官設鉄道102号形蒸気機関車は、明治21年(1888年)にイギリスのNasmyth Wilson(ナスミスウィルソン)社で2両が製造されて、官設鉄道(当時は内閣鉄道局)が輸入したタンク式の蒸気機関車です。輸入当時のタンク式機関車としては最大のもので、明治後期に登場するいわゆるB6形タンク式機関車の形態を先取りしたような「1C1形」の軸配置を持った機関車でした。
明治21年時点でさかんに輸入されていた当時の標準機ともいえる「1B1形」の軸配置を持った82号形蒸気機関車や90号形蒸気機関車がシリンダ使用圧力9.8kg/cm2であったのに対して、本機は11.2kg/cm2であり、機関車重量も82号形機関車が31.8トン(軸重9.2トン)であったのに対して本機は46.2トン(軸重12.1トン)と、性能もサイズも拡張された機関車となっていました。
輸入後は102号と104号と附番されました。当時は車両形式という概念が無かったようですので、ここでは便宜的に「102号形蒸気機関車」としています。本来、番号が偶数番号ですので西部地区配置のはずですが、横浜配置説(臼井,1956)、山北配置説(沖田,2013)があり、どこに配置されたのかはっきりしません。翌明治22年(1889年)には東海道線が全通して東部地区・西部地区の別が無くなりますし、すでに明治21年時点で1号機~100号機までの100両全部と101号機から139号機までの奇数番号が埋まっていて、102号機と104号機は空き番号の中で最も若い番号であることから、本機が配備される頃には地区による番号付け規則は使われなくなっていたのかもしれません。
軸配置は先述したとおり「1C1形」。
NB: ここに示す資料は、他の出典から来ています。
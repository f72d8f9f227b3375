// Whether head, rows and marks are a sheet at all, what is kept aside.
ghost use Rattle.std.specs.Prelude.{◌≡◌, ◌&&◌, leb};
ghost use Rattle.word.specs.Edition.{terms};
ghost use Rattle.search.specs.rows.route.Rows.{rules_in};
ghost use Rattle.sheet.specs.slate.route.Held.{Room};
ghost use Rattle.sheet.specs.slate.route.Shape.{stands_so, well_shaped};

use crate::slate::Head;
use page::MARKS;
use rule::Rule;
use search::rows::NUMBERS;
use search::verdict::Kept;
use word::{Edition, Width};

// Whether the record is blank, its width being 0.
#[tactic(auto, using(crate::proofs::slate::SearchSlateShapeBlank::wanted), unfolding(crate::specs::slate::route::Shape::stands_so, crate::specs::slate::route::Shape::same_kept))]
pub fn blank(head: Head, rows: &[[u64; NUMBERS]; Rule::LIMIT], marks: &[usize; MARKS]) -> bool
    requires width_value { head.opening.width ≡ 0 }
    requires room { Room rows.now marks.now }
    ensures { result ≡ stands_so head (rules_in rows.now) marks.now }
{
    let edition = head.opening.edition;
    if !edition.same(Edition::Old) {
        return false;
    }
    if head.counts.given != 0 {
        return false;
    }
    if head.counts.marked != 0 {
        return false;
    }
    if head.counts.waiting != 0 {
        return false;
    }
    if head.counts.count != 0 {
        return false;
    }
    if !search::laying::none_from(rows, 0) {
        return false;
    }
    if !crate::marks::all_zero(marks, 0) {
        return false;
    }
    let nothing = Kept {
        verdict: 0,
        smallest: 0,
        largest: 0,
    };
    head.kept == nothing
}

// Whether a record whose width is not 0 has a width of its edition, rules and marks as a sheet may have them.
#[tactic(auto, using(crate::proofs::slate::SearchSlateShapeShaped::wanted), unfolding(page::specs::route::Shape::rules_shaped, crate::specs::slate::route::Shape::well_shaped))]
pub fn shaped(head: Head, rows: &[[u64; NUMBERS]; Rule::LIMIT], marks: &[usize; MARKS]) -> bool
    requires fact { head.opening.width ≡ 0 → ⊥ }
    requires room { Room rows.now marks.now }
    ensures { result ≡ (well_shaped head (rules_in rows.now) marks.now && leb head.opening.width (terms head.opening.edition).widest) }
{
    let width = head.opening.width;
    let edition = head.opening.edition;
    let count = head.counts.count;
    let given = head.counts.given;
    let marked = head.counts.marked;
    let waiting = head.counts.waiting;
    if Rule::LIMIT < given {
        return false;
    }
    if MARKS < marked {
        return false;
    }
    if MARKS - marked < waiting {
        return false;
    }
    if count != crate::slate::in_force(given, marks, marked, waiting) {
        return false;
    }
    if edition.terms().widest < width {
        return false;
    }
    if !search::laying::all_acceptable(rows, given, Width { bits: width }) {
        return false;
    }
    if !search::laying::none_from(rows, given) {
        return false;
    }
    crate::marks::marked_so(marks, marked + waiting, given)
}
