// The numbers that a call finds from the head before it does anything.
ghost use Rattle.std.specs.Prelude.{◌≡◌};
ghost use Rattle.word.specs.Word.{IsWidth};
ghost use Rattle.sheet.specs.slate.route.Numbers.{before, rule_number};

use crate::slate::Head;
use rule::Rule;
use word::{Edition, Width};

// What every call but an opening looks at first: 17 where the record is no sheet, 1 on the blank sheet.
#[tactic(auto, using(crate::proofs::slate::SearchRefusingRefuses::wanted), unfolding(crate::specs::slate::route::Numbers::before))]
pub fn refuses(head: Head) -> u64
    ensures { result ≡ before head.stands head.opening.width }
{
    let fallen = !head.stands;
    let blank = head.opening.width == 0;
    if fallen {
        return 17;
    }
    if blank {
        return 1;
    }
    0
}

// The number with which a rule is refused, or 0. Another edition's frame is refused whatever its rule.
#[tactic(auto, using(crate::proofs::slate::SearchRefusingRefusesRule::wanted))]
pub fn refuses_rule(head: Head, edition: Edition, rule: Rule) -> u64
    requires { before head.stands head.opening.width ≡ 0 → IsWidth head.opening.width }
    ensures { result ≡ rule_number head edition rule }
{
    let count = head.counts.count;
    let kind = head.opening.edition;
    let other = !edition.same(kind);
    let number = refuses(head);
    if number != 0 {
        return number;
    }
    let bad = rule::accept::refusal_of(
        rule,
        Width {
            bits: head.opening.width,
        },
    );
    let unlawful = bad != 0;
    let full = Rule::LIMIT <= count;
    if other {
        return 11;
    }
    if unlawful {
        return bad;
    }
    if full {
        return 6;
    }
    0
}
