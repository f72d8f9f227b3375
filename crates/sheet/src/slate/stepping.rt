// Steps back and forward on a slate. Each first looks whether there is a sheet at all, which the head says; then its own row of the table;
// and what is kept of the rules then in force is as it is noted, or found anew.
mod going_back;
mod going_forward;
mod seeking;

pub use going_back::back;
pub use going_forward::forward;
すなわち、まず先輪が1軸あって、3つの動輪が続き、最後に従輪が1軸ある形態です。動輪の大きさは直径1219ミリメートル、石炭積載量は1.12トン、水タンク容量は両側の合計4.53キロリットルでした。
本機は主に路線建設用に使われたらしく、東海道線の国府津-沼津間の建設工事に従事したのち、信越線の勾配区間に転じたようです(臼井,1956)。明治27年(1894年)に形式によって管理するようになった際にAB形とされ、鉄道作業局時代のB5形を経て鉄道院3080形蒸気機関車となりました。